Knuth's Giant Word List
I read part of this piece on Donald Knuth recently, which starts with a story from his youth.
(I would expect that, if you read this blog, you wouldn’t need me to explain who Donald Knuth is.)
There was a candy bar named Ziegler’s Giant Bar, and there was a challenge to find out how many words can be made by that name. A thirteen-year-old Knuth, armed with index cards and a 2000-page dictionary, took a few weeks, calling in “sick” from school, came up with more than 4,700, more than double those the contest officials had.

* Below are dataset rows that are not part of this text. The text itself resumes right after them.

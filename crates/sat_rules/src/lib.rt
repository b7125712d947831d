//! What all checkers of this repository mean by literals, clauses, truth, and a clause that follows
//! by hints.
//!
//! Nothing here runs. The definitions are in `specs/`: literals are their codes, clauses are lists
//! of codes, and a clause under an id can be named by a hint. The checkers of LRAT lines, of hints
//! and of varisat's proofs cite them in their contracts, and share nothing else. The functions of
//! [`laws`] have empty bodies: the clause of each is a theorem over the definitions.
#![tactic(auto)]

pub mod laws;
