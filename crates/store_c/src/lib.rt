// The entries of `store` for C and Rust, under plain names: each calls the function of `store` that has its work, and
// promises what that one does. An exported function returns no part of a slice, so that *column* comes as the part's
// place in the words, and as a copy.
#![tactic(auto)]

// Two exports for each of run, column's entries and roll: the plain one asks nothing and tests the words, that of `held` asks that they are sound.
pub mod held;

ghost use Rattle.std.specs.Prelude.{◌≡◌};
ghost use Rattle.model.specs.Numbers.{VALUE_BYTES};
ghost use Rattle.columns.specs.Refused.{refusal_number};
ghost use Rattle.model.specs.Store.{told};
ghost use Rattle.store.specs.Entries.{Needs, Starts, StartsWith, Runs, ColumnNumbered, Rolls};
ghost use Rattle.store.specs.Linked.{ColumnPlaced, ColumnCopied};
ghost use Rattle.store_c.specs.Exported.{as_ran};

use model::refusals::Refusal;
use run::Ran;
use store::{Reply, Rolled};

// What run answers: C gets it by value, so that it has C's layout and a number for the refusal.
#[repr(C)]
#[derive(Drop)]
pub struct ExportedRan {
    pub stop: u8,
    pub commands: usize,
    pub read: usize,
    pub written: usize,
}

impl From<Ran> for ExportedRan {
    ghost from_gives = { λ ran exported. as_ran exported ≡ ran };

    fn from(ran: Ran) -> ExportedRan {
        ExportedRan {
            stop: ran.stop,
            commands: ran.commands,
            read: ran.read,
            written: ran.written,
        }
    }
}

// A refusal's number, 0 where there is none, as C is told it.
fn number_of(refusal: Option<Refusal>) -> u8
    ensures { result ≡ refusal_number refusal }
{
    match refusal {
        Some(refusal) => u8::from(refusal),
        None => 0,
    }
}

#[unsafe(no_mangle)]
pub extern "C" fn yirbarn_words_needed(n: usize, k: usize) -> usize
    ensures { Needs n k VALUE_BYTES result }
{
    store::words_needed(n, k)
}

#[unsafe(no_mangle)]
pub extern "C" fn yirbarn_words_needed_with(n: usize, k: usize, v: usize) -> usize
    ensures { Needs n k v result }
{
    store::words_needed_with(n, k, v)
}

#[unsafe(no_mangle)]
pub extern "C" fn yirbarn_start(words: &mut [u32], n: usize, k: usize) -> u8
    ensures { Starts n k words.old words.new result }
{
    store::start(words, n, k)
}

#[unsafe(no_mangle)]
pub extern "C" fn yirbarn_start_with(
    words: &mut [u32],
    n: usize,
    k: usize,
    v: usize,
    newer: bool,
) -> u8
    ensures { StartsWith (told n k v newer) words.old words.new result }
{
    store::start_with(words, n, k, v, newer)
}

#[unsafe(no_mangle)]
pub extern "C" fn yirbarn_run(words: &mut [u32], tape: &[u8], out: &mut [u8]) -> ExportedRan
    ensures { Runs words.old words.new tape.now out.old out.new (as_ran result) }
{
    ExportedRan::from(store::run(words, tape, out))
}

#[unsafe(no_mangle)]
pub extern "C" fn yirbarn_column_number(
    words: &[u32],
    kind: u8,
    values: bool,
    start: usize,
    end: usize,
) -> u8
    ensures { ColumnNumbered words.now kind start end result }
{
    number_of(store::column_number(words, kind, values, start, end))
}

// Where the part that column hands back stands in the words.
#[unsafe(no_mangle)]
pub extern "C" fn yirbarn_column_at(
    words: &[u32],
    kind: u8,
    values: bool,
    start: usize,
    end: usize,
) -> usize
    ensures { ColumnPlaced words.now values kind start end result }
{
    store::column_at(words, kind, values, start, end)
}

// The words that column hands back, copied to the front of out if they have room there.
#[unsafe(no_mangle)]
pub extern "C" fn yirbarn_column(
    words: &[u32],
    kind: u8,
    values: bool,
    start: usize,
    end: usize,
    out: &mut [u32],
) -> Reply
    ensures { ColumnCopied words.now out.old out.new values kind start end result }
{
    store::copy_column(words, kind, values, start, end, out)
}

#[unsafe(no_mangle)]
pub extern "C" fn yirbarn_roll(words: &[u32], out: &mut [u8]) -> Rolled
    ensures { Rolls words.now out.old out.new result }
{
    store::roll(words, out)
}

That sounds fun, doesn’t it?
#!/usr/bin/env perl
use strict;
use warnings;
use utf8;
use feature qw{ postderef say signatures state switch };
no warnings qw{ experimental };
my @letters = sort qw{Z I E G L E R S G I A N T B A R};
my %tried; # this avoids going down paths that have already been trod
my %corpus = get_words();
my @corpus = keys %corpus; # this gives us 234371 words
my @words = find_anagrams( \@letters );
say join "\n", @words;
exit;
# This looks like a job for Recursion!
sub find_anagrams ( $letters, $word = '' ) {
my @words;
# there are repeated letters and an A is an A, so this
# keeps it from repeating them
return if $tried{$word};
$tried{$word} = 1;
# If there's no word that starts with what we have,
# no hope and skip.
my $d = scalar grep { /^$word/ } @corpus;
return unless $d;
# All the words we have are in a hash, and so, if it's in
# the hash, it's a word
if ( $corpus{$word} ) {
push @words, $word;
}
# Here we pull one of the letters, like "r", and send the
# array of others, like ["e","c","u","r","s","e"], and add
# "r" to the end of the wordlet, then pass the array and
# the words to see what words we can find, then try again
# with "e", and "c" and ...
for my $i ( 0 .. -1 + scalar $letters->@* ) {
my $local->@* = $letters->@*;
my $next = $word . $local->[$i];
$local->[$i] = '';
$local->@* = grep { /\w/ } $local->@*;
push @words, find_anagrams( $local, $next );
}
return @words;
}
# And here we get the words
sub get_words {
my %output;
for my $d ( glob('/usr/share/dict/words') ) {
if ( open my $fh, '<', $d ) {
for my $l (<$fh>) {
chomp $l;
$l =~ s/\s//g;
$output{ uc $l }++;
}
}
}
return %output;
}
And the word list on that computer is insufficient: starting with A and ending with ZIRIAN, I have 3108 words, a solid 1600 less than Knuth got by hand. Mine went faster, one day rather than two weeks, but clearly, I need better word lists to compete.